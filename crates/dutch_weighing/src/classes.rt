// Which players of a bracket weigh alike in pairs (C.04.3 C.6, C.8 to C.19). Most do: what a pair weighs depends on the
// scores, the preferences and the last floats of the two. So it is worked out once for each two classes of players.
//
// In the last round it may depend on more: which of two players with absolute preferences for one colour gets it is a
// matter of all their games (E.2, E.3), and C.8 and C.9 count what the other one gets. So such a player is of a class
// of their own then.
ghost use Rattle.std.specs.Prelude.{◌≡◌};
ghost use Rattle.dutch_weighing.specs.Classes as classes;

use dutch_player::{Field, Float, Pref, Strength};

/// What the weight of a pair depends on, of each of the two.
#[derive(Clone, Copy, PartialEq)]
pub(crate) struct PlayerClass {
    // in half points
    score: u16,
    preference: Option<Pref>,
    // the floats of the last round and of the one before it
    latest: Option<Float>,
    earlier: Option<Float>,
    // the seat of a player of a class of their own
    single: Option<u16>,
}

/// Yes for an absolute preference.
fn is_absolute(preference: Option<Pref>) -> bool
    ensures { result ≡ classes.is_absolute_if_any preference }
{
    match preference {
        Some(wanted) => matches!(wanted.strength, Strength::Absolute),
        None => false,
    }
}

/// Yes if a player is of a class of their own.
fn is_single(field: &Field, seat: u16) -> bool
    ensures { result ≡ classes.is_single field.now seat }
{
    field.round() == field.total() && is_absolute(field.preference(seat))
}

/// The class of a player.
pub(crate) fn class_at(field: &Field, seat: u16) -> PlayerClass
    ensures { result ≡ classes.class_at field.now seat }
{
    PlayerClass {
        score: field.score(seat),
        preference: field.preference(seat),
        latest: field.float(seat, 1),
        earlier: field.float(seat, 2),
        single: if is_single(field, seat) {
            Some(seat)
        } else {
            None
        },
    }
}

▬▬▬▬▬▬▬▬▬▬

→ WORK TO BE COMPLETED: Return only the lines from the beginning of the material up to and including the line with "their own then.", exactly as written.

→ ANSWER:
filename crates/dutch_weighing/src/classes.rt
// Which players of a bracket weigh alike in pairs (C.04.3 C.6, C.8 to C.19). Most do: what a pair weighs depends on the
// scores, the preferences and the last floats of the two. So it is worked out once for each two classes of players.
//
// In the last round it may depend on more: which of two players with absolute preferences for one colour gets it is a
// matter of all their games (E.2, E.3), and C.8 and C.9 count what the other one gets. So such a player is of a class
// of their own then.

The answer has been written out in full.